TASK DETAILS
Report how many lines contain the word "found" in the listing that follows. Give nothing besides the number.

DATA FOR PROCESSING
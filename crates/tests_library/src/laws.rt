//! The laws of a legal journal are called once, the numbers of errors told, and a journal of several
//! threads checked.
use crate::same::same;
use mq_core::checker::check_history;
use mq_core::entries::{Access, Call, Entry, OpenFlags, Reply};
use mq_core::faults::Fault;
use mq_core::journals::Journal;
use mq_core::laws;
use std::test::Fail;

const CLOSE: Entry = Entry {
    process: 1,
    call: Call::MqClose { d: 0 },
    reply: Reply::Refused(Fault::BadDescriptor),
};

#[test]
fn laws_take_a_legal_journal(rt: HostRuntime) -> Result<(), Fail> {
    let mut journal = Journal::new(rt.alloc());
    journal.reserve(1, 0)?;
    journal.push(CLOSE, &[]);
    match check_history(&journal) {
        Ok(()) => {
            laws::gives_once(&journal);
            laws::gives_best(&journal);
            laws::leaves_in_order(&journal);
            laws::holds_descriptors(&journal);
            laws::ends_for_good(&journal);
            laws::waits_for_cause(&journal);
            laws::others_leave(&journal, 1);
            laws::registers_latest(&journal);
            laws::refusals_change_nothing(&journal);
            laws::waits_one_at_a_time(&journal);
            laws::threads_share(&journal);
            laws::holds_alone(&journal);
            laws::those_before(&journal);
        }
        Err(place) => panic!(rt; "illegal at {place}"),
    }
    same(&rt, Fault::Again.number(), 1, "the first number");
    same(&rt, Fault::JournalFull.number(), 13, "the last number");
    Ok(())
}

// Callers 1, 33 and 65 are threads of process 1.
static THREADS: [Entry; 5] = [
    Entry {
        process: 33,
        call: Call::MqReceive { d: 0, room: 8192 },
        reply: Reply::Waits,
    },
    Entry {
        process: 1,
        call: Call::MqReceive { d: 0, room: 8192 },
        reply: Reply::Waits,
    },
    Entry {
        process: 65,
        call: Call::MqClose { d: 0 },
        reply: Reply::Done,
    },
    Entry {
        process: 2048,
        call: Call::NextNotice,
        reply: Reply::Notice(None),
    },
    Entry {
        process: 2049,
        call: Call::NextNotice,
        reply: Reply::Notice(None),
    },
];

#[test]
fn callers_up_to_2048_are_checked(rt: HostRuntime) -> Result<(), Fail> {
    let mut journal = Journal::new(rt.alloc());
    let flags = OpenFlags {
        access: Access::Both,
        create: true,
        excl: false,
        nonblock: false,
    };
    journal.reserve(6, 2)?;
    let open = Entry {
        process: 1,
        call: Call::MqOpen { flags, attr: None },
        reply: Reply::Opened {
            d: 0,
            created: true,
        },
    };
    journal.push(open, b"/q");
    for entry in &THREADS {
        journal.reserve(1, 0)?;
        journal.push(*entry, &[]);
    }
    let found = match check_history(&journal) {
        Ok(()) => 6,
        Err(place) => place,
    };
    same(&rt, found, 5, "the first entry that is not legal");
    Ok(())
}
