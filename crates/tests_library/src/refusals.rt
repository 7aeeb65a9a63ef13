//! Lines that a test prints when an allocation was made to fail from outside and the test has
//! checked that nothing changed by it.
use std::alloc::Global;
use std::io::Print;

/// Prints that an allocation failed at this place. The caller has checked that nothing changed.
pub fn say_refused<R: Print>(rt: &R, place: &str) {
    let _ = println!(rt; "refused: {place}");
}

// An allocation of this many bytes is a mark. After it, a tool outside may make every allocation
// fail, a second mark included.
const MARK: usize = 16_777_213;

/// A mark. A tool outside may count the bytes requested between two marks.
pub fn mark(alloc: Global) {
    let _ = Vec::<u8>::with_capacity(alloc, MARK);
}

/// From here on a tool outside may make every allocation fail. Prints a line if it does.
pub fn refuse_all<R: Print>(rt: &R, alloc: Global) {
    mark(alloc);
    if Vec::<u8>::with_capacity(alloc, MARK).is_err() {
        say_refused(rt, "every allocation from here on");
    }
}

THE ANSWER
2